■ Assigned task
Pick every line with "length" from the material below.

■ Input for this task
============================================================

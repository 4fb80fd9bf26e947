// Years: pairs of digits, mostly.
#![tactic(auto)]

ghost use Rattle.std.specs.Prelude.{◌≡◌, ◌≤◌, ◌<◌, length, drop, get_or};
ghost use Rattle.word_writer.specs.Writer.{Says};
ghost use Rattle.numerals.specs.Words.{spelled};
ghost use Rattle.numerals.specs.Cardinal.{digit_values};
ghost use Rattle.years.specs.Year.{year_of, year};
ghost use Rattle.years.specs.Walk.{lead_count, lead_words};

use lists::{Digit, Not, byte_at, count, span, tail};
use numerals::digit_values::{DigitValues, FirstDigits};
use numerals::number::say_short_cardinal;
use numerals::saying::{digit_value, say};
use vocabulary::{HUNDRED, OH, ONES};
use word_writer::Writer;

// Picks the first digit of s: its value, which is 0 if there is none, and what follows it. It is no Option, because no caller
// asks if there is none.
fn pick(s: &[u8]) -> (u8, &[u8])
    ensures digit { result.0 ≡ get_or (digit_values s.now) 0 0 }
    ensures below_ten { result.0 < 10 }
    ensures others { digit_values result.1.now ≡ drop 1 (digit_values s.now) }
{
    let i = span(s, Not(Digit));
    (digit_value(byte_at(s, i)), tail(s, i + 1))
}

// Says the first digit of s, or the first two as `cardinal` reads them, and gives what follows them.
fn say_lead<'a>(lone: bool, s: &'a [u8], out: &mut Writer) -> &'a [u8]
    ensures words { Says (spelled (lead_words lone (digit_values s.now))) out.old out.new }
    ensures others { digit_values result.now ≡ drop (lead_count lone) (digit_values s.now) }
{
    let (a, rest) = pick(s);
    if lone {
        say(ONES + usize::from(a), out);
        return rest;
    }
    let (b, rest) = pick(rest);
    let pair = [a, b];
    say_short_cardinal(DigitValues { values: &pair }, out);
    rest
}

// Says the last two digits of a year.
fn say_two(ds: DigitValues, out: &mut Writer)
    requires { length ds.values.now ≡ 2 }
    ensures { Says (spelled (year_of ds.entry.values.now)) out.old out.new }
{
    match (ds.at(0), ds.at(1)) {
        (0, 0) => {
            say(ONES, out);
            say(ONES, out);
        }
        (0, b) => {
            say(OH, out);
            say(ONES + usize::from(b), out);
        }
        _ => say_short_cardinal(ds, out),
    }
}

// Says the last three digits of a year.
fn say_three(ds: DigitValues, out: &mut Writer)
    requires { length ds.values.now ≡ 3 }
    ensures { Says (spelled (year_of ds.entry.values.now)) out.old out.new }
{
    let a = ds.at(0);
    let b = ds.at(1);
    let c = ds.at(2);
    say(ONES + usize::from(a), out);
    if (a != 0) & ((b == 0) & (c == 0)) {
        say(HUNDRED, out);
    } else {
        say_two(ds.tail(1), out);
    }
}

// Says the last four digits of a year: "2000" and "2005" as cardinal numbers, "1900" as hundreds.
fn say_four(ds: DigitValues, out: &mut Writer)
    requires { length ds.values.now ≡ 4 }
    ensures { Says (spelled (year_of ds.entry.values.now)) out.old out.new }
{
    let b = ds.at(1);
    let c = ds.at(2);
    let d = ds.at(3);
    if (b == 0) & (c == 0) {
        say_short_cardinal(ds, out);
        return;
    }
    say_short_cardinal(ds.front(2), out);
    if (c == 0) & (d == 0) {
        say(HUNDRED, out);
    } else {
        say_two(ds.tail(2), out);
    }
}

// Says a year of up to four digits, given by their values.
fn say_last(ds: DigitValues, out: &mut Writer)
    requires { length ds.values.now ≤ 4 }
    ensures { Says (spelled (year_of ds.entry.values.now)) out.old out.new }
{
    match ds.len() {
        0 | 1 => say_short_cardinal(ds, out),
        2 => say_two(ds, out),
        3 => say_three(ds, out),
        _ => say_four(ds, out),
    }
}

// Says the year of the digits of s. While more than four are left, it says one digit if their count is odd, else a pair. It
// counts by hand, because a step takes one digit or two.
pub fn say_year(s: &[u8], out: &mut Writer)
    ensures { Says (spelled (year s.now)) out.old out.new }
{
    let mut rest = s;
    let mut left = count(s, Digit);
    while 4 < left {
        rest = say_lead(left % 2 == 1, rest, out);
        left -= 2 - left % 2;
    }
    // There are at most four now.
    if let Ok(digits) = FirstDigits::of(rest) {
        say_last(digits.digits(), out);
    }
}
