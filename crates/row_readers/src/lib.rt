// The rows that read a name once: all but rows 5a and 10.
#![tactic(auto)]

ghost use Rattle.std.specs.Prelude.{◌≡◌, ◌∷◌, ◌++◌, [], option_copied};
ghost use Rattle.word_writer.specs.Writer.{Says};
ghost use Rattle.numerals.specs.Words.{spelled};
ghost use Rattle.rows.specs.Rows.{sign_of, clock, full_hour};
ghost use Rattle.row_readers.specs.Walk.{Reads, initials, word_of_unit, rows_after};

use fractions::say_fraction;
use letters::{say_letter, say_letters};
use lists::{
    Byte, Digit, Not, equal, front, last_end, part, span, starts_with, tail, without_back,
};
use numerals::number::{say_cardinal, say_ordinal};
use numerals::saying::say_digits;
use reals::say_real;
use rows::{Row, Sign};
use shapes::{
    TimeSplit, is_comma_int, is_digits, is_digits_slash_digits, is_dotted_abbrev, is_double,
    is_leading_zero_digits, is_ordinal, is_time, split_time_meridiem, split_unit,
};
use units::{unit_index, word_number};
use vocabulary::{OCLOCK, word};
use word_writer::Writer;
use years::say_year;

fn sign_of(name: &[u8]) -> Sign
    ensures { result ≡ sign_of name.now }
{
    if starts_with(name, b'-') {
        Sign::Minus
    } else {
        Sign::Plus
    }
}

// Says the hour, and the minute unless it is "00".
#[tactic(auto, unfolding(rows::specs::Rows::clock))]
fn say_clock(hour: &[u8], minute: &[u8], out: &mut Writer)
    ensures { Says (spelled (clock hour.now minute.now)) out.old out.new }
{
    say_cardinal(hour, out);
    if !equal(minute, b"00") {
        say_year(minute, out);
    }
}

// Row 4: says the hour, and then the minute, or "o'clock" if the minute is "00".
fn say_time(hour: &[u8], minute: &[u8], out: &mut Writer)
    ensures { Says (spelled (clock hour.now minute.now ++ full_hour minute.now)) out.old out.new }
{
    say_clock(hour, minute, out);
    if equal(minute, b"00") {
        out.put_word(word(OCLOCK));
    }
}

// Says the letter b. If b is a point, nothing is said.
#[tactic(auto, using(crate::proofs::Laws::point_initial, numerals::proofs::Said::said_nothing))]
fn say_initial(b: u8, out: &mut Writer)
    ensures { Says (spelled (initials (b ∷ []))) out.old out.new }
{
    if b != b'.' {
        say_letter(&[b], out);
    }
}

// Says one word for each byte that is no point.
#[tactic(auto, using(crate::proofs::Laws::no_initials, numerals::proofs::Said::said_nothing))]
fn say_initials(name: &[u8], out: &mut Writer)
    ensures { Says (spelled (initials name.now)) out.old out.new }
{
    for &b in name {
        say_initial(b, out);
    }
}

// The word of a name's unit, if the name has one.
fn unit_word(name: &[u8]) -> Option<&'static [u8]>
    ensures { option_copied result ≡ word_of_unit name.now }
{
    let k = unit_index(split_unit(name)?)?;
    Some(word(word_number(k)))
}

// Rows 11 and 12.
fn from_unit(name: &[u8], out: &mut Writer) -> Row
    ensures { Reads (rows_after 10 name.now) out.old out.new result }
{
    let Some(word) = unit_word(name) else {
        out.put_word_lowered(name);
        return Row::OneWord;
    };
    say_cardinal(front(name, last_end(name, Digit)), out);
    out.put_word(word);
    Row::Unit
}

// The rows from 5b on.
#[tactic(auto, unfolding(crate::specs::Walk::rows_after))]
fn from_fraction(name: &[u8], out: &mut Writer) -> Row
    ensures { Reads (rows_after 5 name.now) out.old out.new result }
{
    if is_digits_slash_digits(name) {
        say_fraction(name, out);
        return Row::Fraction;
    }
    if is_leading_zero_digits(name) {
        say_digits(name, out);
        return Row::LeadingZero;
    }
    if is_digits(name) {
        say_cardinal(name, out);
        return Row::Digits;
    }
    if is_double(name) {
        say_real(name, out);
        return Row::Figure(sign_of(name));
    }
    if is_ordinal(name) {
        say_ordinal(without_back(name, 2), out);
        return Row::Ordinal;
    }
    from_unit(name, out)
}

// The rows from 5 on.
fn from_meridiem(name: &[u8], out: &mut Writer) -> Row
    ensures { Reads (rows_after 4 name.now) out.old out.new result }
{
    let Some(
        TimeSplit {
            hour,
            minute,
            meridiem,
        },
    ) = split_time_meridiem(name)
    else {
        return from_fraction(name, out);
    };
    say_clock(front(name, hour), part(name, minute, meridiem), out);
    say_letters(tail(name, meridiem), out);
    Row::Meridiem
}

// All rows but 5a and 10: says the words of a name, and answers the first of them that takes it.
#[tactic(auto, using(crate::proofs::Laws::dotted_initials, numerals::proofs::Said::said_nothing), unfolding(crate::specs::Walk::rows_after))]
pub fn read_by_row(name: &[u8], out: &mut Writer) -> Row
    ensures { Reads (rows_after 0 name.now) out.old out.new result }
{
    if name.is_empty() {
        return Row::Empty;
    }
    if is_dotted_abbrev(name) {
        say_initials(name, out);
        return Row::Dotted;
    }
    if is_comma_int(name) {
        say_cardinal(name, out);
        return Row::CommaInt;
    }
    if is_time(name) {
        // The name has a colon: `split_once` would have a case for none, which can't be.
        let at = span(name, Not(Byte(b':')));
        say_time(front(name, at), tail(tail(name, at), 1), out);
        return Row::Time;
    }
    from_meridiem(name, out)
}
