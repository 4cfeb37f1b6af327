//! States laws of unit values. Each is the contract of a function that does nothing.
ghost use Rattle.std.specs.Prelude.{◌≡◌, ℕ, List};
ghost use Rattle.dropin_merge.specs.declared.resolved.Resolved.{Resolved};
ghost use Rattle.dropin_merge.specs.unit_values.Assignments.{service_alone, service_assignments};
ghost use Rattle.dropin_merge.specs.unit_values.Values.{values_of, notes_of, written_values};

/// Assignments of other sections change nothing: a unit without them gives the same answers.
pub fn other_sections()
    ensures no_assignments { (unit : Resolved) → service_assignments (service_alone unit) ≡ service_assignments unit }
    ensures no_values { (unit : Resolved) (key : List ℕ) → values_of (service_alone unit) key ≡ values_of unit key }
    ensures none_written { (unit : Resolved) (key : List ℕ) → written_values (service_alone unit) key ≡ written_values unit key }
    ensures no_notes { (unit : Resolved) (key : List ℕ) → notes_of (service_alone unit) key ≡ notes_of unit key }
{}
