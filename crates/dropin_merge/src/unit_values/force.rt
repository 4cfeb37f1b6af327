// Finds the values of a list that are in force.
ghost use Rattle.std.specs.Prelude.{◌≡◌};
ghost use Rattle.std.specs.List.{suffix_len};
ghost use Rattle.dropin_merge.specs.unit_values.Values.{in_force, is_filled};

use crate::unit_values::value::Value;

// Returns whether a value is not empty.
fn is_filled(value: &Value) -> bool
    ensures { result ≡ is_filled value.now }
{
    !value.text.as_str().is_empty()
}

// Counts the values after the last empty one.
fn count_in_force(values: &[Value]) -> usize
    ensures { result ≡ suffix_len is_filled values.now }
{
    values
        .iter()
        .rev()
        .take_while(|value| is_filled(value))
        .count()
}

/// Returns the values in force: the values after the last empty one, which resets the values before it.
pub fn in_force(values: &[Value]) -> &[Value]
    ensures behind_the_last_empty { result.now ≡ in_force values.now }
{
    &values[values.len() - count_in_force(values)..]
}
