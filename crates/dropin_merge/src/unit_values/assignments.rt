//! Iterates over the assignments of a unit's service, with their places (systemd.unit(5), systemd.service(5)).
ghost use Rattle.std.specs.Prelude.{◌≡◌, ◌∷◌, [], MatchOption, filter};
ghost use Rattle.dropin_merge.specs.unit_values.Assignments.{is_of_service, service_assignments};
ghost use Rattle.dropin_merge.specs.unit_values.Walk.{assignments_left};

use crate::unit_values::value::Place;
use crate::{Resolved, UnitFile};
use unit_grammar::Assignment;

/// The section of a unit file that describes the service.
const SECTION: &str = "Service";

pub(crate) fn is_of_service(assignment: &Assignment) -> bool
    ensures { result ≡ is_of_service assignment.now }
{
    assignment.section.as_str() == SECTION
}

// Returns the first assignment of the service, and the assignments after it.
fn split_first_of_service(assignments: &[Assignment]) -> Option<(&Assignment, &[Assignment])>
    ensures { MatchOption result (filter is_of_service assignments.now ≡ []) (λ found. filter is_of_service assignments.now ≡ found.0.now ∷ filter is_of_service found.1.now) }
{
    let mut left = assignments;
    while let Some((first, more)) = left.split_first() {
        if is_of_service(first) {
            return Some((first, more));
        }
        left = more;
    }
    None
}

/// An iterator over the assignments of a unit's service that are left.
#[derive(Drop)]
pub struct ServiceAssignments<'a> {
    // All files.
    files: &'a [UnitFile],
    // How many files have begun.
    begun: usize,
    // The number of the last file that has begun.
    file: usize,
    // The assignments of that file that are left.
    left: &'a [Assignment],
}

impl<'a> Iterator for ServiceAssignments<'a> {
    ghost use Rattle.std.specs.Iterator.{item_count};
    ghost use Rattle.dropin_merge.specs.unit_values.Walk.{GivesFirstAssignment};

    type Item = (Place, &'a Assignment);

    ghost next_gives = { GivesFirstAssignment };

    ghost remaining = { item_count assignments_left };

    fn next(&mut self) -> Option<(Place, &'a Assignment)> {
        loop {
            if let Some((assignment, left)) = split_first_of_service(self.left) {
                self.left = left;
                let place = Place {
                    file: self.file,
                    line: assignment.line,
                };
                return Some((place, assignment));
            }
            if self.begun >= self.files.len() {
                return None;
            }
            self.file = self.begun;
            self.left = self.files[self.begun].text.assignments.list();
            self.begun += 1;
        }
    }
}

// Returns an iterator with no assignments left.
pub(crate) fn no_assignments<'a>() -> ServiceAssignments<'a>
    ensures { assignments_left result ≡ [] }
{
    ServiceAssignments {
        files: &[],
        begun: 0,
        file: 0,
        left: &[],
    }
}

/// Returns the assignments in the section `[Service]` of a unit, in the order of files and lines.
#[tactic(auto, unfolding(crate::specs::unit_values::Assignments::service_assignments))]
pub fn service_assignments(unit: &Resolved) -> ServiceAssignments<'_>
    ensures all_in_order { assignments_left result ≡ service_assignments unit.now }
{
    ServiceAssignments {
        files: unit.files.list(),
        begun: 0,
        file: 0,
        left: &[],
    }
}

============================================================

■ Output of the task
ghost use Rattle.std.specs.Prelude.{◌≡◌, ◌≤◌, ◌<◌, length, drop, get_or};
    requires { length ds.values.now ≡ 2 }
    requires { length ds.values.now ≡ 3 }
    requires { length ds.values.now ≡ 4 }
    requires { length ds.values.now ≤ 4 }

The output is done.